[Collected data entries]
┏━━

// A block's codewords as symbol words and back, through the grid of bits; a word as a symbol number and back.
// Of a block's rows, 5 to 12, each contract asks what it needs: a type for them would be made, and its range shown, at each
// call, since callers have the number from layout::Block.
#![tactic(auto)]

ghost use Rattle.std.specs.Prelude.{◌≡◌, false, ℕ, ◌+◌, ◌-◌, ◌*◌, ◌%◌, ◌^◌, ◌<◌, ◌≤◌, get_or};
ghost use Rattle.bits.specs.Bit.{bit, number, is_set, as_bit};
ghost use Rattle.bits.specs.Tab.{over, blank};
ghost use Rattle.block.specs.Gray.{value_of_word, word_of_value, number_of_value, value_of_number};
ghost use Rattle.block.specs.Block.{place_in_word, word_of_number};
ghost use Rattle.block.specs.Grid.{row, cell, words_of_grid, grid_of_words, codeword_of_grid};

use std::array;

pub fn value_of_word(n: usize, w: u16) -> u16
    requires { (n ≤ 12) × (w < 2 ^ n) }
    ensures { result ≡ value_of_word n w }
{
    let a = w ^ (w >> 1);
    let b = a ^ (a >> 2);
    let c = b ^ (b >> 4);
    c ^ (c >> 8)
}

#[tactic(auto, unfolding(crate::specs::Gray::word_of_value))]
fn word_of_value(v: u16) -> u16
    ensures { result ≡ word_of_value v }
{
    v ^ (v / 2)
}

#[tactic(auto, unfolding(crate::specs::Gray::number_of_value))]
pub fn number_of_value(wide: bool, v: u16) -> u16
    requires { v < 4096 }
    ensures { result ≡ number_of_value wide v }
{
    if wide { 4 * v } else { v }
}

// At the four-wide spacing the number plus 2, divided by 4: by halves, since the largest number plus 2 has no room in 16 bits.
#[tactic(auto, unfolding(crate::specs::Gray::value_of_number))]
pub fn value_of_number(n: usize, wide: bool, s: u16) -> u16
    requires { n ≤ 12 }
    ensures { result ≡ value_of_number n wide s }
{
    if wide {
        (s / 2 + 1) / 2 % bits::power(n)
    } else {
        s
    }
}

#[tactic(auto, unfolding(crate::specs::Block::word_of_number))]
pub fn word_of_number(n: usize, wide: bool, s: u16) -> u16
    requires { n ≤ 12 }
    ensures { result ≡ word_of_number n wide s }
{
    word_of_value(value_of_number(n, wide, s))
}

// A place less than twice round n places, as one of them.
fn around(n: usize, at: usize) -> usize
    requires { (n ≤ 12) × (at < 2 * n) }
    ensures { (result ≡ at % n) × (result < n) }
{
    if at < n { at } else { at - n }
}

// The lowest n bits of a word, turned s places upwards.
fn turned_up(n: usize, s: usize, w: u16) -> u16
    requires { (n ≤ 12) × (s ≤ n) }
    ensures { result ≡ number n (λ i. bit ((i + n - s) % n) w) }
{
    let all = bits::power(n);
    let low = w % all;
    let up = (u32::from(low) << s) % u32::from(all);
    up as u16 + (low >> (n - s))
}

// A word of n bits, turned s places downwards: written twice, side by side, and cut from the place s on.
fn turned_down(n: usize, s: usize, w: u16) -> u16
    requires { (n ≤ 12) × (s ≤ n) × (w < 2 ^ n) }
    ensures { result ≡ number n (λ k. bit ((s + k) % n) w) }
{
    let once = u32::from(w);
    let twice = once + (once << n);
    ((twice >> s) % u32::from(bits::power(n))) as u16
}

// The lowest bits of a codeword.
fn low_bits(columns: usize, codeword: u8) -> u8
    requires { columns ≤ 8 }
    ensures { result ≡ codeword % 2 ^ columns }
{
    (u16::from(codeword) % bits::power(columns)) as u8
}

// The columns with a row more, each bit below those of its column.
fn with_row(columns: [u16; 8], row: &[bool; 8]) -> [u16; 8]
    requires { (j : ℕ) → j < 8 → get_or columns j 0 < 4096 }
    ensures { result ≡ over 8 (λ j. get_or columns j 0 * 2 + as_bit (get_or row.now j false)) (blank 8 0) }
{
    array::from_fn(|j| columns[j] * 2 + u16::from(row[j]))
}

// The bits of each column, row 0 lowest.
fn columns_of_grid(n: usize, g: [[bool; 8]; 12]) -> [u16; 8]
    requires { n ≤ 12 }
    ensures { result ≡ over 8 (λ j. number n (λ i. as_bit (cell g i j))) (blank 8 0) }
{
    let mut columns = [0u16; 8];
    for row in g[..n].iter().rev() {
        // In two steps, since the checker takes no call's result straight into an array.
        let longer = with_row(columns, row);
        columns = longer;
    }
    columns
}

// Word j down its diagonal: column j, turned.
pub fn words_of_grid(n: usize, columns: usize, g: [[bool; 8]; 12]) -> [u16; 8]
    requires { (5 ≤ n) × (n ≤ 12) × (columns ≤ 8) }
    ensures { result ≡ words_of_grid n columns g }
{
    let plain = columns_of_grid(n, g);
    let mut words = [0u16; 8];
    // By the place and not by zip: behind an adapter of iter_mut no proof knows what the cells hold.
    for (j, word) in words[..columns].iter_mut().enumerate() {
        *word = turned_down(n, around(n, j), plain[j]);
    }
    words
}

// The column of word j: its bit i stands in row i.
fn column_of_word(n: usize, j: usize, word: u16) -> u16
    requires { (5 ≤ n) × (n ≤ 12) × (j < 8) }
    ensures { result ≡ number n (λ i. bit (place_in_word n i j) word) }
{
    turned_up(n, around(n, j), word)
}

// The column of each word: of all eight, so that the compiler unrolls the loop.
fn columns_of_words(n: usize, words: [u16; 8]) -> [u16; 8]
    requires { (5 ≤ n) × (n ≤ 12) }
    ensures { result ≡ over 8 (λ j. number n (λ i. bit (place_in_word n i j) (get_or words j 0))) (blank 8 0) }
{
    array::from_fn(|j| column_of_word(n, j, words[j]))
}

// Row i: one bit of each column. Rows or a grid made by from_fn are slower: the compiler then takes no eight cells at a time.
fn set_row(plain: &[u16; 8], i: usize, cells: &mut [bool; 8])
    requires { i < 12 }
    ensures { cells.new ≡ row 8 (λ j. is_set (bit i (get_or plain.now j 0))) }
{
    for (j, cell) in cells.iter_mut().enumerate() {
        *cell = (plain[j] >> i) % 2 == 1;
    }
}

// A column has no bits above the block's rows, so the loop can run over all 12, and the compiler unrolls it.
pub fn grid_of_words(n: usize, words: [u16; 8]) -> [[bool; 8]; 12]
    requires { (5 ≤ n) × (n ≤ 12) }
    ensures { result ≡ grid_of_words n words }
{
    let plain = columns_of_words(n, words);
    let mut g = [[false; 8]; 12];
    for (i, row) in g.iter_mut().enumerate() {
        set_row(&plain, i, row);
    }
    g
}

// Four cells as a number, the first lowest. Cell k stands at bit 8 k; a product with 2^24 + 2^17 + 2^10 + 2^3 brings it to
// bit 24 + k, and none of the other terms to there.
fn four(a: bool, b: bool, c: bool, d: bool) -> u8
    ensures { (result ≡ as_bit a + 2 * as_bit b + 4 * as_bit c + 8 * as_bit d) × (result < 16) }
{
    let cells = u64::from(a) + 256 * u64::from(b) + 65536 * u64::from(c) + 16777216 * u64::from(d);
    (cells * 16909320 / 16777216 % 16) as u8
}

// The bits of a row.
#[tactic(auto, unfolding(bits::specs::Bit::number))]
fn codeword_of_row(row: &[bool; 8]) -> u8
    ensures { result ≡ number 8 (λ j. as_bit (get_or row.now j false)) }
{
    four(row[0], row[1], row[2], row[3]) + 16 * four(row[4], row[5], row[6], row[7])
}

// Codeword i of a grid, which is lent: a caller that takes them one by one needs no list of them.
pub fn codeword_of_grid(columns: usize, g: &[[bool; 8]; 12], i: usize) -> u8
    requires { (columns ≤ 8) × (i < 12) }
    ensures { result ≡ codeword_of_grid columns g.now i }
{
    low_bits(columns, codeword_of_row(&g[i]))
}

┗━━
┏━━

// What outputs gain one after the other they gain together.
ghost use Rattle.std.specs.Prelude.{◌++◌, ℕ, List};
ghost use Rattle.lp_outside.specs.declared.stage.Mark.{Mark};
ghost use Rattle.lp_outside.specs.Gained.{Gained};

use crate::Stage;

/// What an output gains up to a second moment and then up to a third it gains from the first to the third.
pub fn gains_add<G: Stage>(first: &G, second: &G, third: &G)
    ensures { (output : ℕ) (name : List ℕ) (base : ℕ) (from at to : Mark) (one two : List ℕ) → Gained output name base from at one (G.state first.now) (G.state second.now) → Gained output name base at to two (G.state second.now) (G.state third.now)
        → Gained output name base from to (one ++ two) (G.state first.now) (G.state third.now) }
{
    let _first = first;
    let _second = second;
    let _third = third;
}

┗━━
┏━━

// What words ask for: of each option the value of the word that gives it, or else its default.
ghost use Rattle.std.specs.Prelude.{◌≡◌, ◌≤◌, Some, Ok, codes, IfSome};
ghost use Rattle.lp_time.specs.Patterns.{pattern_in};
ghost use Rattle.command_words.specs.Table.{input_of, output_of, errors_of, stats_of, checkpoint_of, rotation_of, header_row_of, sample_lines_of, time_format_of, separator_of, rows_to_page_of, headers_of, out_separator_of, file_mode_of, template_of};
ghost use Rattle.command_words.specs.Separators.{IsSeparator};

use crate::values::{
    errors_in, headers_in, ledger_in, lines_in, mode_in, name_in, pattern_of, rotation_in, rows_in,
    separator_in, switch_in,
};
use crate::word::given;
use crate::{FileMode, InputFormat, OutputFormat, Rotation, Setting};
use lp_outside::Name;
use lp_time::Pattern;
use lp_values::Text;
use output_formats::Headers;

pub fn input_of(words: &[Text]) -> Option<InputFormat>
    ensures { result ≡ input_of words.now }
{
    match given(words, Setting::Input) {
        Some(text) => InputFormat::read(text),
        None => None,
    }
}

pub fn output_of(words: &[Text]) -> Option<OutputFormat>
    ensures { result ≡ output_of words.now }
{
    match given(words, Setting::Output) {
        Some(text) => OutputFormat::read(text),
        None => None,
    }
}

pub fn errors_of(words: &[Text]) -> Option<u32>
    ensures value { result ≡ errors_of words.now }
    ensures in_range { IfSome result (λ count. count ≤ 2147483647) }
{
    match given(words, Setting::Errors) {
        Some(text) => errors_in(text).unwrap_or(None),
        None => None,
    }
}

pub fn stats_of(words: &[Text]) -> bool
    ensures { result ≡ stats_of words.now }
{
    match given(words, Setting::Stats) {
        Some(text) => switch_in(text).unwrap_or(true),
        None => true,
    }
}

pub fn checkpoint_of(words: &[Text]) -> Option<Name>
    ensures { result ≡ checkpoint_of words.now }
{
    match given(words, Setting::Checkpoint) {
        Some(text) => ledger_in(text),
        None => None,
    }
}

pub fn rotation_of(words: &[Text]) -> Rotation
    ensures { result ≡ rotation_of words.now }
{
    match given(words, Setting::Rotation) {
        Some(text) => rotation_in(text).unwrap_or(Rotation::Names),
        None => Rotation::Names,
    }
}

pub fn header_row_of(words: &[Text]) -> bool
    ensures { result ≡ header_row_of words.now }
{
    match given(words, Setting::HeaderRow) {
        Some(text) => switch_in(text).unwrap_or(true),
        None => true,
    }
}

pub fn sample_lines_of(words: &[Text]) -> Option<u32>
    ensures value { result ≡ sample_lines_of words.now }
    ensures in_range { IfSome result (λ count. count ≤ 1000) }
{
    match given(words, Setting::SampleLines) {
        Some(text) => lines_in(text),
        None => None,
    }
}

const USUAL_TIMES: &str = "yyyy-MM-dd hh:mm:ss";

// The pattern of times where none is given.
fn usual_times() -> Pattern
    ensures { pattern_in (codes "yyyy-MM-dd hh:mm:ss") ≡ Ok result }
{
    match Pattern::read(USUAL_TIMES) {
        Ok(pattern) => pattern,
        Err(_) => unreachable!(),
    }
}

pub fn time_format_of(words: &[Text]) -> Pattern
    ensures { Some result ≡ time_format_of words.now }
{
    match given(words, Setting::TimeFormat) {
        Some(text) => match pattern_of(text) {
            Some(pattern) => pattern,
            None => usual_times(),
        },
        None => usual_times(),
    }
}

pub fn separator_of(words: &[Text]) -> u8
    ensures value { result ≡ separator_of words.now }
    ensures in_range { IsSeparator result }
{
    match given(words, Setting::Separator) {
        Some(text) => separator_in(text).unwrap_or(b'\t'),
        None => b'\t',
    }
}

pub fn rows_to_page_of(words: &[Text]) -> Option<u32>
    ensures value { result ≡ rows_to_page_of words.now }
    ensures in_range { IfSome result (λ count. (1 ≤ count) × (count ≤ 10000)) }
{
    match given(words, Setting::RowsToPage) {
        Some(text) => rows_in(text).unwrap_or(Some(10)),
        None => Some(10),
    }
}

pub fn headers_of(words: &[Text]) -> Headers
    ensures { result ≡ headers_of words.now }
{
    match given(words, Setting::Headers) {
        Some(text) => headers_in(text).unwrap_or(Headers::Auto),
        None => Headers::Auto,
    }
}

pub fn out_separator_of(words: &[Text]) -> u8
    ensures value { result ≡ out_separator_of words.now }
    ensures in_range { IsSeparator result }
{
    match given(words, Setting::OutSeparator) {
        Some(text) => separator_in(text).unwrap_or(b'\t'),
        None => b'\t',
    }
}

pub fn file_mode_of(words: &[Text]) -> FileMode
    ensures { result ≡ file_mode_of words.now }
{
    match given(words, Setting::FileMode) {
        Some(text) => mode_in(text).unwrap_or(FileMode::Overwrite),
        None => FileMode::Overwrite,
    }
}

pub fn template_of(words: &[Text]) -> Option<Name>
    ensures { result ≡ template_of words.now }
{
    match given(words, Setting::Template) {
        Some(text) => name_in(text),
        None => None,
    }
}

┗━━

Which lines of the data above contain the string "first"? Copy each of them.

// Four cells as a number, the first lowest. Cell k stands at bit 8 k; a product with 2^24 + 2^17 + 2^10 + 2^3 brings it to
/// What an output gains up to a second moment and then up to a third it gains from the first to the third.
pub fn gains_add<G: Stage>(first: &G, second: &G, third: &G)
    ensures { (output : ℕ) (name : List ℕ) (base : ℕ) (from at to : Mark) (one two : List ℕ) → Gained output name base from at one (G.state first.now) (G.state second.now) → Gained output name base at to two (G.state second.now) (G.state third.now)
        → Gained output name base from to (one ++ two) (G.state first.now) (G.state third.now) }
    let _first = first;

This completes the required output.